Downsizing My Parent’s House

So many wonderful vintage photos!

Soon after I returned from my August vacation, my parents called to tell me that they had decided to sell their home of the last 20-years and move into a 2 -bedroom unit at a nearby retirement community. As my kids would say, I was shook.

My 79-year-old parents , are healthy and actively involved in their community. I knew that they were checking out the area’s senior residences – but I thought it was for the way-off future and also because of the  nice free lunches.

I am fortunate that my parents together have been able to handle all the many complexities of selling their house, buying the new unit as well as the logistics of downsizing their house. But there is a lifetime of belongings- furniture, kitchen stuff, tools,  photos and memorabilia involved when you have been married for more than 50 years. They’ve chosen to do the sorting, weeding and most of the packing on their own. As Mom told me last week, “Every item in this house needs to pass through my two hands.” Clearly, she is very much in control.

I, along with my husband Masoud, have visited their house every Saturday for the last 4 weeks.There are powerful memories in every room, closet and  drawer in my parent’s home. Lucky me to have this time with my Mom and Dad to remember the stories with them. Going through my parent’s belongings has me thinking a lot about family, legacy and love.

Lucky too are my 24 and 26-year-old sons who have recently moved in together into an apartment in Brighton. They are the beneficiaries of some of  Nana’s and Grampy’s stuff including an oriental runner for their hall,  a maple desk, a chip and dip bowl and a paper mache deer. My mother’s beloved army trunk now serves as the boy’s coffee table.

My brother and his family lives in Missouri, so clearly, I am now the keeper of our families memories. It’s a good thing that my old New England  house has both a full  basement and a walk-in attic. Some of the things I am holding for my own kids include the wicker baby basinett that once held my father, myself and my daughter; my parent’s gold-plated wedding china set;  retro Christmas ornaments from the 1960’s and a Dresden plate quilt my mother made in the 1970’s.
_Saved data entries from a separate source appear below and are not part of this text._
//! Bitmaps that cannot be changed, and whose clones and slices share memory.
ghost use Rattle.std.specs.Prelude.{◌≡◌, ℕ, ◌+◌, ◌*◌, ◌^◌, ◌≤◌, ◌<◌, ◌==◌, [], length, take, drop, count_by};
ghost use Rattle.std.specs.Prelude.{not, replicate, false, slice_get, Some, vec_len, IfOk, IfErr, OnOk, List, Bool};
ghost use Rattle.std.specs.Prelude.{length as list_length};
ghost use Rattle.std.specs.Int.{bit_at};
ghost use Rattle.either.specs.Either.{MatchEither};
ghost use Rattle.arrow_types.specs.Failures.{OnlyOutOfMemory, OutOfMemoryKeeps};
ghost use Rattle.arrow_bitmap.specs.Marks.{block_mark, marks, packed_refusal};
ghost use Rattle.arrow_types.specs.Types.{refusal};

use crate::bits::{count_clear_first, fits_bytes, masked_mark_of};
use crate::blocks::block_from;
use crate::copy::own_bytes;
use crate::marks::Marks;
use crate::{BitmapIter, MutableBitmap};
use arrow_types::error::Error;
use either::{Either, Left, Right};
use std::alloc::Global;
use std::marker::Model;
use std::mem;
use std::rc::Rc;
use std::simd::prelude::*;

/// An immutable list of marks, packed eight to a byte, the least significant bit first (Arrow
/// columnar format, "Validity bitmaps"). In a validity bitmap a set mark is a valid slot.
///
/// Clones and slices share the bytes.
#[derive(Drop)]
pub struct Bitmap {
    bytes: Rc<Vec<u8>>,
    offset: usize,
    length: usize,
    // how many marks are clear, counted when they are chosen
    unset: usize,
}

// Contracts see the marks from the offset on.
impl Model for Bitmap {
    ghost use Rattle.std.specs.Prelude.{List, Bool};
    ghost use Rattle.arrow_bitmap.specs.Marks.{CountsClear, marks};

    ghost Value = { List Bool };

    ghost view = { λ bitmap. marks bitmap.bytes.value.items bitmap.offset bitmap.length };

    ghost invariant = { λ bitmap. CountsClear bitmap.bytes.value bitmap.offset bitmap.length bitmap.unset };
}

#[tactic(auto, using(crate::proofs::MarkLemmas::mark_steps))]
impl Bitmap {
    /// Creates a bitmap of the first `length` marks of packed bytes.
    pub(crate) fn from_bytes(bytes: Vec<u8>, length: usize) -> Result<Self, Error>
        requires { length ≤ 8 * vec_len bytes }
        ensures ok { IfOk result (λ bitmap. bitmap ≡ marks bytes.items 0 length) }
        ensures err { OnlyOutOfMemory result }
    {
        let unset = count_clear_first(&bytes, length);
        Bitmap::from_counted(bytes, length, unset)
    }

    /// Creates a bitmap of the first `length` marks of packed bytes, `unset` of which are clear.
    pub(crate) fn from_counted(bytes: Vec<u8>, length: usize, unset: usize) -> Result<Self, Error>
        requires within { length ≤ 8 * vec_len bytes }
        requires unset { unset ≡ count_by not (marks bytes.items 0 length) }
        ensures ok { IfOk result (λ bitmap. bitmap ≡ marks bytes.items 0 length) }
        ensures err { OnlyOutOfMemory result }
    {
        let bytes = Rc::new(*bytes.allocator(), bytes)?;
        Ok(Bitmap {
            bytes,
            offset: 0,
            length,
            unset,
        })
    }

    /// Creates an empty bitmap.
    ///
    /// # Errors
    /// `OutOfMemory` if an allocation fails.
    pub fn new(alloc: Global) -> Result<Self, Error>
        ensures ok { IfOk result (λ bitmap. bitmap ≡ []) }
        ensures err { OnlyOutOfMemory result }
    {
        Bitmap::from_bytes(Vec::new(alloc), 0)
    }

    /// Creates a bitmap of the first `length` marks of packed bytes, without copying them.
    ///
    /// # Errors
    /// - `OutOfSpec` if the bytes have fewer than `length` bits; this is checked first.
    /// - `OutOfMemory` if an allocation fails.
    ///
    /// The bytes are dropped on an error.
    pub fn try_new(bytes: Vec<u8>, length: usize) -> Result<Self, Error>
        ensures ok { IfOk result (λ bitmap. (length ≤ 8 * vec_len bytes) × (bitmap ≡ marks bytes.items 0 length)) }
        ensures count { IfOk result (λ bitmap. list_length bitmap ≡ length) }
        ensures err { IfErr result (λ e. refusal e ≡ packed_refusal (vec_len bytes) length) }
    {
        fits_bytes(bytes.len(), length)?;
        Bitmap::from_bytes(bytes, length)
    }

    /// Creates a bitmap of `length` clear marks.
    ///
    /// # Errors
    /// `OutOfMemory` if an allocation fails.
    pub fn new_zeroed(alloc: Global, length: usize) -> Result<Self, Error>
        ensures ok { IfOk result (λ bitmap. bitmap ≡ replicate length false) }
        ensures err { OnlyOutOfMemory result }
    {
        let mut marks = MutableBitmap::new(alloc);
        marks.extend_constant(length, false)?;
        marks.freeze()
    }

    /// Creates a bitmap from booleans.
    ///
    /// # Errors
    /// `OutOfMemory` if an allocation fails.
    pub fn from_slice(alloc: Global, slice: &[bool]) -> Result<Self, Error>
        ensures ok { IfOk result (λ bitmap. bitmap ≡ slice.now) }
        ensures err { OnlyOutOfMemory result }
    {
        MutableBitmap::from_slice(alloc, slice)?.freeze()
    }

    /// Returns a clone that shares the bytes.
    ///
    /// # Errors
    /// `OutOfMemory` if the number of owners would overflow.
    pub fn clone(&self) -> Result<Self, Error>
        ensures ok { IfOk result (λ bitmap. bitmap ≡ self.now) }
        ensures err { OnlyOutOfMemory result }
    {
        Ok(Bitmap {
            bytes: self.bytes.clone()?,
            offset: self.offset,
            length: self.length,
            unset: self.unset,
        })
    }

    /// Returns the bytes, which may be shared, the place of the first mark, the number of marks,
    /// and the number of clear marks.
    pub fn into_parts(self) -> (Rc<Vec<u8>>, usize, usize, usize)
        ensures within { result.1 + result.2 ≤ 8 * vec_len result.0.value }
        ensures fits { result.1 + result.2 < 2 ^ 64 }
        ensures value { marks result.0.value.items result.1 result.2 ≡ self }
        ensures unset { result.3 ≡ count_by not self }
    {
        let Bitmap {
            bytes,
            offset,
            length,
            unset,
        } = self;
        (bytes, offset, length, unset)
    }

    /// Creates a bitmap of `length` marks of packed bytes from `offset` on, `unset` of which are
    /// clear.
    pub fn from_parts(bytes: Rc<Vec<u8>>, offset: usize, length: usize, unset: usize) -> Self
        requires within { offset + length ≤ 8 * vec_len bytes.value }
        requires fits { offset + length < 2 ^ 64 }
        requires unset { unset ≡ count_by not (marks bytes.value.items offset length) }
        ensures { result ≡ marks bytes.value.items offset length }
    {
        Bitmap {
            bytes,
            offset,
            length,
            unset,
        }
    }

    /// Converts the bitmap into a growing one without copying it, if its bytes are not shared and
    /// it begins at their first bit. Otherwise returns the bitmap unchanged.
    pub fn into_mut(self) -> Either<Self, MutableBitmap>
        ensures { MatchEither result (λ bitmap. bitmap ≡ self) (λ bitmap. bitmap ≡ self) }
    {
        let (bytes, offset, length, unset) = self.into_parts();
        if offset != 0 {
            return Left(Bitmap::from_parts(bytes, offset, length, unset));
        }
        match Rc::try_unwrap(bytes) {
            Ok(bytes) => Right(MutableBitmap::from_bytes(bytes, length)),
            Err(bytes) => Left(Bitmap::from_parts(bytes, offset, length, unset)),
        }
    }

    /// Replaces the marks by what the closure returns for them. Shared marks are copied first. All
    /// memory is allocated before the closure is called.
    ///
    /// # Errors
    /// `OutOfMemory` if an allocation fails; the closure is then not called and the marks are
    /// unchanged.
    pub fn apply_mut<F: Fn(MutableBitmap) -> MutableBitmap>(
        &mut self,
        change: F,
    ) -> Result<(), Error>
        requires callable { F.pre change self.old }
        requires keeps { (changed : List Bool) → F.post change self.old changed → length changed ≡ length self.old }
        ensures ok { OnOk result (F.post change self.old self.new × (length self.new ≡ length self.old)) }
        ensures err { OutOfMemoryKeeps result self.old self.new }
    {
        own_bytes(&mut self.bytes, self.offset, self.length)?;
        self.offset = 0;
        let length = self.length;
        let Some(bytes) = Rc::get_mut(&mut self.bytes) else {
            return Err(Error::OutOfMemory);
        };
        let alloc = *bytes.allocator();
        let taken = mem::replace(bytes, Vec::new(alloc));
        let changed = change(MutableBitmap::from_bytes(taken, length));
        let unset = changed.unset_bits();
        *bytes = changed.into_vec();
        self.unset = unset;
        Ok(())
    }

    /// Returns the number of marks.
    #[inline(always)]
    pub fn len(&self) -> usize
        ensures { result ≡ length self.now }
    {
        self.length
    }

    /// Returns whether there is no mark.
    #[inline(always)]
    pub fn is_empty(&self) -> bool
        ensures { result ≡ (length self.now == 0) }
    {
        self.length == 0
    }

    /// Returns the mark at `index`.
    #[inline(always)]
    pub fn get_bit(&self, index: usize) -> bool
        requires { index < length self.now }
        ensures { slice_get self.now index ≡ Some result }
    {
        masked_mark_of(self.bytes.as_slice(), self.offset + index)
    }

    /// Returns the 64 marks from `place` on as the bits of a word, the least significant first.
    #[inline(always)]
    pub fn word(&self, place: usize) -> u64
        requires { place + 64 ≤ length self.now }
        ensures { (k : ℕ) → k < 64 → slice_get self.now (place + k) ≡ Some (bit_at result k == 1) }
    {
        self.marks().word(place)
    }

    /// Returns the 512 marks from `place` on as the bits of eight words, the least significant first.
    #[inline(always)]
    pub fn block(&self, place: usize) -> u64x8
        requires { place + 512 ≤ length self.now }
        ensures { (k : ℕ) → k < 512 → slice_get self.now (place + k) ≡ Some (block_mark result k) }
    {
        block_from(self.bytes.as_slice(), self.offset + place)
    }

    /// Returns the marks, which are borrowed.
    #[inline(always)]
    pub(crate) fn marks(&self) -> Marks<'_>
        ensures { result ≡ self.now }
    {
        Marks::new(self.bytes.as_slice(), self.offset, self.length)
    }

    /// Returns the number of clear marks, in constant time.
    #[inline(always)]
    pub fn unset_bits(&self) -> usize
        ensures { result ≡ count_by not self.now }
    {
        self.unset
    }

    /// Keeps only the `len` marks from `offset` on, without copying any. It counts the marks that
    /// stay or those that go, whichever are fewer.
    pub fn slice(&mut self, offset: usize, len: usize)
        requires { offset + len ≤ length self.old }
        ensures { self.new ≡ take len (drop offset self.old) }
    {
        self.unset = self.marks().clear_in_range(offset, len, self.unset);
        self.offset += offset;
        self.length = len;
    }

    /// Returns an iterator over the marks.
    pub fn iter(&self) -> BitmapIter<'_>
        ensures { result ≡ self.now }
    {
        BitmapIter::new(
            self.bytes.as_slice(),
            self.offset,
            self.offset + self.length,
        )
    }

    /// Returns an iterator over the `len` marks from `offset` on.
    #[inline(always)]
    pub fn iter_range(&self, offset: usize, len: usize) -> BitmapIter<'_>
        requires { offset + len ≤ length self.now }
        ensures { result ≡ take len (drop offset self.now) }
    {
        let first = self.offset + offset;
        BitmapIter::new(self.bytes.as_slice(), first, first + len)
    }
}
Among the most treasured  possessions that I have “inherited” are the family photos and memorabilia. There are wonderful black and white photos of my Grandfather Sullivan and his brother (Joseph? Danny? I have to ask Mom), my Grandfather Dascanio dancing at New Years in Venezuela, and my parents dating in Oklahoma.  I’m drowning in the photos. And I am reminded that I have let down the side. I stopped actively organizing the family photos just about the time that  I started to seriously  write.  These vintage photos and the memorabilia will need some care. But I’ve ordered a case of albums that promise organization along with several archival photo and document boxes.  Thinking about the recent hurricane and wild fire destruction- I’m also considering scanning the very best pieces– just-in-case.  What a great winter project. It’s a start.